🤖 AI Summary
Long-form video understanding is hindered by the high computational cost of dense frame decoding, quadratic growth in token count with respect to frame number, and weak motion perception under sparse sampling. This work proposes a hierarchical video-language framework that decouples semantic and motion representations: sparse I-frames are processed by a Vision Transformer to capture scene semantics, while inter-frame dynamics from densely sampled frames are encoded into aligned motion tokens via a lightweight compressed-domain tri-stream adapter that fuses motion vector maps, residual maps, and I-frame context.
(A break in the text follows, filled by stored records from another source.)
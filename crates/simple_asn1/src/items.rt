// The blocks that a block holds, whatever its tag says.
ghost use Rattle.std.specs.Prelude.{◌≡◌, ℕ, IfOk, IsSomeAnd, MatchOption, None, Some};
ghost use Rattle.asn1_blocks.specs.Grammar.{EncodesAll};
ghost use Rattle.asn1_blocks.specs.Tree.{Trees};
ghost use Rattle.asn1_blocks.specs.View.{view, views};
ghost use Rattle.simple_asn1.specs.HeldBlocks.{HoldsBlocksOf, HoldsNothing, items_trees};
ghost use Rattle.simple_asn1.specs.Inner.Constructed.{AreNoBlocks, constructed_contents};

use asn1_blocks::block::ASN1Block;
use asn1_blocks::document::Document;
use asn1_headers::error::ASN1DecodeErr;
use std::alloc::{AllocError, Global};

/// The items of a block, which [`items_of`] finds: lent by the block, or read from its contents bytes.
/// [`blocks`](Items::blocks) lends them in either case. Dropping `Items` takes no memory and does not recurse.
#[derive(Debug, Drop)]
pub enum Items<'a> {
    /// The items that the block has as blocks.
    Lent(&'a [ASN1Block]),
    /// Blocks that were read from the contents bytes of an `Unknown`. Their offsets count from the first of these
    /// bytes.
    Read(Document),
}

impl Items<'_> {
    /// The items, in order.
    ///
    /// ```rust
    /// use simple_asn1::{ASN1Block, items_of};
    /// use std::alloc::{AllocError, Global};
    ///
    /// // How many items a block has: of `A0 00` none, of `A0 02 05 00` one, of `A0 04 05 00 05 00` two.
    /// fn count(alloc: Global, block: &ASN1Block) -> Result<Option<usize>, AllocError> {
    ///     match items_of(alloc, block)? {
    ///         Some(items) => Ok(Some(items.blocks().len())),
    ///         None => Ok(None),
    ///     }
    /// }
    /// ```
    pub fn blocks(&self) -> &[ASN1Block]
        ensures { views result.now ≡ items_trees self.now }
    {
        match self {
            Items::Lent(blocks) => blocks,
            Items::Read(document) => document.blocks(),
        }
    }
}

/// The items of a block: the blocks that its contents bytes are, none, one or more. A schema that replaces the tag of a
/// SEQUENCE or SET (`[0] IMPLICIT SET OF`, X.690 8.14) makes a block that is `Explicit` around one item, and `Unknown`
/// around none or several; this call treats all of them alike.
///
/// Of a `Sequence`, a `Set` and an `Explicit` the items are those of [`ASN1Block::items`], with the offsets that they
/// have. Of a constructed `Unknown` the contents bytes are read as [`from_der`](crate::from_der) reads them; there the
/// offsets count from the first contents byte, because a block does not know how long its header was. `None` is
/// returned for every other block, and for an `Unknown` whose contents bytes are not blocks.
///
/// Only the items of an `Unknown` take memory: that of reading them. The only error is that memory ran out. Stack use
/// does not grow with nesting.
///
/// ```rust
/// use simple_asn1::{ASN1Block, items_of};
/// use std::alloc::{AllocError, Global};
///
/// // How many attributes a certification request has, `[0] IMPLICIT SET OF Attribute`: any number, also none.
/// fn attribute_count(alloc: Global, attributes: &ASN1Block) -> Result<usize, AllocError> {
///     let Some(items) = items_of(alloc, attributes)? else {
///         return Ok(0);
///     };
///     Ok(items.blocks().len())
/// }
/// ```
pub fn items_of(alloc: Global, block: &ASN1Block) -> Result<Option<Items<'_>>, AllocError>
    ensures items { IfOk result (λ found. MatchOption found
        (HoldsNothing (view block.now))
        (λ items. HoldsBlocksOf (view block.now) (items_trees items))) }

    // Memory aside, the items of each block that holds some are found.
    ensures found { (bs : Trees ℕ) → HoldsBlocksOf (view block.now) bs
        → IfOk result (λ found. IsSomeAnd found (λ items. items_trees items ≡ bs)) }
{
    held_items(alloc, block)
}

// The items of a block.
fn held_items(alloc: Global, block: &ASN1Block) -> Result<Option<Items<'_>>, AllocError>
    ensures { IfOk result (λ found. MatchOption found
        (HoldsNothing (view block.now))
        (λ items. HoldsBlocksOf (view block.now) (items_trees items))) }
{
    if let Some(items) = block.items() {
        return Ok(Some(Items::Lent(items)));
    }
    match constructed_contents(block) {
        Some(contents) => read_items(alloc, contents),
        None => Ok(None),
    }
}

// The contents octets of a constructed `Unknown`.
fn constructed_contents(block: &ASN1Block) -> Option<&[u8]>
    ensures { MatchOption result
        (constructed_contents (view block.now) ≡ None)
        (λ contents. constructed_contents (view block.now) ≡ Some contents.now) }
{
    match block {
        ASN1Block::Unknown(_, true, _, _, contents) => Some(contents),
        _ => None,
    }
}

// The blocks that octets are, none or more.
fn read_items<'a>(alloc: Global, octets: &[u8]) -> Result<Option<Items<'a>>, AllocError>
    ensures { IfOk result (λ found. MatchOption found
        (AreNoBlocks octets.now)
        (λ items. EncodesAll 0 octets.now (items_trees items))) }
{
    if octets.is_empty() {
        return Ok(Some(Items::Lent(&[])));
    }
    match Document::from_der(alloc, octets) {
        Ok(document) => Ok(Some(Items::Read(document))),
        Err(e) => match e {
            ASN1DecodeErr::OutOfMemory => Err(AllocError),
            _ => Ok(None),
        },
    }
}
These motion tokens are injected into a large language model through a differentiable placeholder mechanism. Combining contrastive alignment pretraining with LoRA fine-tuning, the method achieves a 2.3-point improvement (61.2% → 63.5%) over a 32-frame dense baseline on Video-MME while using 3.6× fewer context tokens, demonstrating the efficacy of the tri-stream architecture and hierarchical fusion.
📝 Abstract
Long-video understanding with multimodal language models suffers from three compounding bottlenecks: heavy decode cost to obtain dense RGB frames, quadratic token growth with frame count, and weak motion perception under sparse keyframe sampling. We present HY-Himmel, a hierarchical video-language framework that allocates semantic and motion capacity separately. A small set of sparse anchor I-frames is routed to the expensive host ViT to ground object identity and scene layout, while the far denser inter-frame intervals are encoded by a lightweight compressed-domain tri-stream adapter that distils motion evidence from motion-vector maps, residual maps, and I-frame context into aligned motion tokens. These tokens are injected into the LLM via a differentiable placeholder mechanism after a dedicated Stage-1 contrastive alignment that places the motion representation in a geometry compatible with the frozen visual backbone. On Video-MME, HY-Himmel surpasses the dense 32-frame baseline by +2.3 pp (61.2 to 63.5%) while using 3.6x fewer context tokens. Extensive ablations over stream composition, motion encoder family, fusion mode, alignment objective, anchor count, LoRA rank, and video duration confirm that the full tri-stream is necessary and sufficient for the observed gains.